Interposing the defense that the complaint states no cause of action and even if it does, the action has prescribed,
MCP filed on May 12, 1965 a motion to dismiss (Record on Appeal, pp. 7-14). DISC filed an Opposition on May
21, 1965 to which MCP filed a reply on May 27, 1965 (Record on Appeal, pp. 14-24). On June 29, 1965, the trial
court deferred the resolution of the motion to dismiss till after the trial on the merits (Record on Appeal, p. 32). On
June 8, 1965, MCP filed its answer with counterclaim and cross-claim against NDC.
NDC, for its part, filed its answer to DISC's complaint on May 27, 1965 (Record on Appeal, pp. 22-24). It also filed
an answer to MCP's cross-claim on July 16, 1965 (Record on Appeal, pp. 39-40). However, on October 16, 1965,
NDC's answer to DISC's complaint was stricken off from the record for its failure to answer DISC's written
interrogatories and to comply with the trial court's order dated August 14, 1965 allowing the inspection or
photographing of the memorandum of agreement it executed with MCP. Said order of October 16, 1965 likewise
declared NDC in default (Record on Appeal, p. 44). On August 31, 1966, NDC filed a motion to set aside the order
of October 16, 1965, but the trial court denied it in its order dated September 21, 1966.
On November 12, 1969, after DISC and MCP presented their respective evidence, the trial court rendered a
decision ordering the defendants MCP and NDC to pay jointly and solidarity to DISC the sum of P364,915.86 plus
the legal rate of interest to be computed from the filing of the complaint on April 22, 1965, until fully paid and
attorney's fees of P10,000.00. Likewise, in said decision, the trial court granted MCP's crossclaim against NDC.
MCP interposed its appeal on December 20, 1969, while NDC filed its appeal on February 17, 1970 after its
motion to set aside the decision was denied by the trial court in its order dated February 13,1970.
On November 17,1978, the Court of Appeals promulgated its decision affirming in toto the decision of the trial court.
NDC's appeal was docketed as G.R. No. 49407, while that of MCP was docketed as G.R. No. 49469. On July
25,1979, this Court ordered the consolidation of the above cases (Rollo, p. 103).
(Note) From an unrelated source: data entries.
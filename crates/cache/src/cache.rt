// The cache.
ghost use Rattle.std.specs.Prelude.{◌≡◌, ℕ, ◌≤◌, length, replicate, None, Ok};
ghost use Rattle.octets.specs.Outcome.{outcome};
ghost use Rattle.cache.specs.Keeping.{Brings, CacheOrder, Unasked, checked, count_after, header_fits, kept_after, kept_for, places};
ghost use Rattle.header.specs.Fields.{fields_of};
ghost use Rattle.store.specs.Refusals.{told};
ghost use Rattle.store.specs.Showing.{Shows, Untouched, asked};

use crate::keeping::{find, keep, one_more};
use crate::kept::{Kept, PLACES};
use hash::digest::Hash;
use header::cell::{Axis, Cell};
use header::header::Header;
use header::lengths::{PATH_ROOM, SHARE_ROOM};
use std::marker::PhantomData;
use store::refusal::StoreRefusal;
use store::store::Store;
use store::taking::take_evidence;

// A store below, and the header under which its answers are checked.
#[derive(Drop)]
pub struct Cache<H, S> {
    below: S,
    header: Header,
    // The answers that came last, in the order of their arrival. There is no heap, so their number is fixed.
    kept: [Option<Kept>; PLACES],
    // How many questions went below.
    count: u64,
    hash: PhantomData<H>,
}

// Whether the header has the k and the share size of the store below, and the kind of the hash.
fn header_fits<H: Hash, S: Store>(h: &Header, below: &S) -> bool
    ensures { result ≡ header_fits H.Hash.KIND (fields_of h.now) (S.Store.meaning below.now) }
{
    h.k as usize == below.half_width()
        && (h.s as usize == below.share_size() && h.hash_kind == H::KIND)
}

// Asks the store below for a cell, with room of its own for a share and a path of these lengths, which were admitted. There is no
// heap, so the room is that of the largest. Gives the answer to be kept.
fn ask_below<H: Hash, S: Store>(
    h: &Header,
    below: &mut S,
    cell: Cell,
    share_len: usize,
    path_len: usize,
) -> Option<Kept>
    requires room { (share_len ≤ 512) × (path_len ≤ 416) }
    requires free { asked (S.Store.meaning below.old).k (S.Store.meaning below.old).s cell.row cell.col share_len path_len ≡ Ok tt }
    ensures { S.Store.ordered below.old → Brings H.Hash.meaning H.Hash.KIND (fields_of h.now) (S.Store.meaning below.old) (S.Store.meaning below.new) (S.Store.ordered below.new) cell.row cell.col result }
{
    let fits = header_fits::<H, S>(h, below);
    let mut share = [0u8; SHARE_ROOM];
    let mut path = [0u8; PATH_ROOM];
    let taken = take_evidence::<H, S>(
        h,
        below,
        cell,
        &mut share[0..share_len],
        &mut path[0..path_len],
    );
    let axis = taken?;
    fits.then_some(Kept {
        cell,
        axis,
        share,
        path,
    })
}

impl<H: Hash, S: Store> Cache<H, S> {
    // A cache over a store, under a header. It keeps nothing yet.
    pub fn new(header: Header, below: S) -> Self
        ensures below { result.below ≡ below }
        ensures header { result.header ≡ header }
        ensures empty { places (S.Store.meaning below).k (S.Store.meaning below).s result.kept ≡ replicate 8 None }
        ensures none { result.count ≡ 0 }
        ensures order { S.Store.ordered below → CacheOrder (S.Store.ordered result.below) (checked H.Hash.meaning H.Hash.KIND (fields_of result.header) (S.Store.meaning result.below)) (places (S.Store.meaning result.below).k (S.Store.meaning result.below).s result.kept) }
    {
        Cache {
            below,
            header,
            kept: [None; PLACES],
            count: 0,
            hash: PhantomData,
        }
    }

    // How many questions went below. It stops at its largest value.
    pub fn count(&self) -> u64
        ensures { result ≡ self.now.count }
    {
        self.count
    }
}

impl<H: Hash, S: Store> Store for Cache<H, S> {
    ghost meaning = { λ c. checked H.Hash.meaning H.Hash.KIND (fields_of c.header) (S.Store.meaning c.below) };

    ghost ordered = { λ c. CacheOrder (S.Store.ordered c.below) (checked H.Hash.meaning H.Hash.KIND (fields_of c.header) (S.Store.meaning c.below)) (places (S.Store.meaning c.below).k (S.Store.meaning c.below).s c.kept) };

    ghost bounded = { λ c. S.Store.bounded c.below };

    fn half_width(&self) -> usize {
        self.below.half_width()
    }

    fn share_size(&self) -> usize {
        self.below.share_size()
    }

    // A kept cell is answered from what is kept, and nothing changes. Every other question that is not refused goes below and is
    // counted; what it brings is shown and kept.
    fn show(
        &mut self,
        cell: Cell,
        share: &mut [u8],
        path: &mut [u8],
    ) -> Result<Option<Axis>, StoreRefusal>
        ensures shown { CacheOrder (S.Store.ordered self.old.below) (checked H.Hash.meaning H.Hash.KIND (fields_of self.old.header) (S.Store.meaning self.old.below)) (places (S.Store.meaning self.old.below).k (S.Store.meaning self.old.below).s self.old.kept) → Shows (checked H.Hash.meaning H.Hash.KIND (fields_of self.old.header) (S.Store.meaning self.old.below)) (checked H.Hash.meaning H.Hash.KIND (fields_of self.new.header) (S.Store.meaning self.new.below)) (CacheOrder (S.Store.ordered self.new.below) (checked H.Hash.meaning H.Hash.KIND (fields_of self.new.header) (S.Store.meaning self.new.below)) (places (S.Store.meaning self.new.below).k (S.Store.meaning self.new.below).s self.new.kept)) cell.row cell.col share.old path.old (outcome told result) share.new path.new }
        ensures refused { Untouched (asked (S.Store.meaning self.old.below).k (S.Store.meaning self.old.below).s cell.row cell.col (length share.old) (length path.old)) self.old self.new }
        ensures counted { self.new.count ≡ count_after (asked (S.Store.meaning self.old.below).k (S.Store.meaning self.old.below).s cell.row cell.col (length share.old) (length path.old)) (kept_for cell.row cell.col (places (S.Store.meaning self.old.below).k (S.Store.meaning self.old.below).s self.old.kept)) self.old.count }
        ensures kept { CacheOrder (S.Store.ordered self.old.below) (checked H.Hash.meaning H.Hash.KIND (fields_of self.old.header) (S.Store.meaning self.old.below)) (places (S.Store.meaning self.old.below).k (S.Store.meaning self.old.below).s self.old.kept) → places (S.Store.meaning self.old.below).k (S.Store.meaning self.old.below).s self.new.kept ≡ kept_after (asked (S.Store.meaning self.old.below).k (S.Store.meaning self.old.below).s cell.row cell.col (length share.old) (length path.old)) (kept_for cell.row cell.col (places (S.Store.meaning self.old.below).k (S.Store.meaning self.old.below).s self.old.kept)) cell.row cell.col ((checked H.Hash.meaning H.Hash.KIND (fields_of self.old.header) (S.Store.meaning self.old.below)).at cell.row cell.col) (places (S.Store.meaning self.old.below).k (S.Store.meaning self.old.below).s self.old.kept) }
        ensures unasked { Unasked (kept_for cell.row cell.col (places (S.Store.meaning self.old.below).k (S.Store.meaning self.old.below).s self.old.kept)) self.old self.new }
    {
        self.admit(cell, share, path)?;
        if let Some(v) = find(&self.kept, cell) {
            v.write(share, path);
            return Ok(Some(v.axis));
        }
        one_more(&mut self.count);
        let brought = ask_below::<H, S>(
            &self.header,
            &mut self.below,
            cell,
            share.len(),
            path.len(),
        );
        let Some(v) = brought else {
            return Ok(None);
        };
        v.write(share, path);
        keep(&mut self.kept, v);
        Ok(Some(v.axis))
    }
}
On August 27,1979, these
consolidated cases were given due course (Rollo, p. 108) and submitted for decision on February 29, 1980 (Rollo,
p. 136).
In its brief, NDC cited the following assignments of error:
THE COURT OF APPEALS ERRED IN APPLYING ARTICLE 827 OF THE CODE OF COMMERCE AND NOT
SECTION 4(2a) OF COMMONWEALTH ACT NO. 65, OTHERWISE KNOWN AS THE CARRIAGE OF GOODS
BY SEA ACT IN DETERMINING THE LIABILITY FOR LOSS OF CARGOES RESULTING FROM THE
COLLISION OF ITS VESSEL "DONA NATI" WITH THE YASUSHIMA MARU"OCCURRED AT ISE BAY, JAPAN
OR OUTSIDE THE TERRITORIAL JURISDICTION OF THE PHILIPPINES.
II
THE COURT OF APPEALS ERRED IN NOT DISMISSING THE C0MPLAINT FOR REIMBURSEMENT FILED BY
THE INSURER, HEREIN PRIVATE RESPONDENT-APPELLEE, AGAINST THE CARRIER, HEREIN
PETITIONER-APPELLANT. (pp. 1-2, Brief for Petitioner-Appellant National Development Company; p. 96, Rollo).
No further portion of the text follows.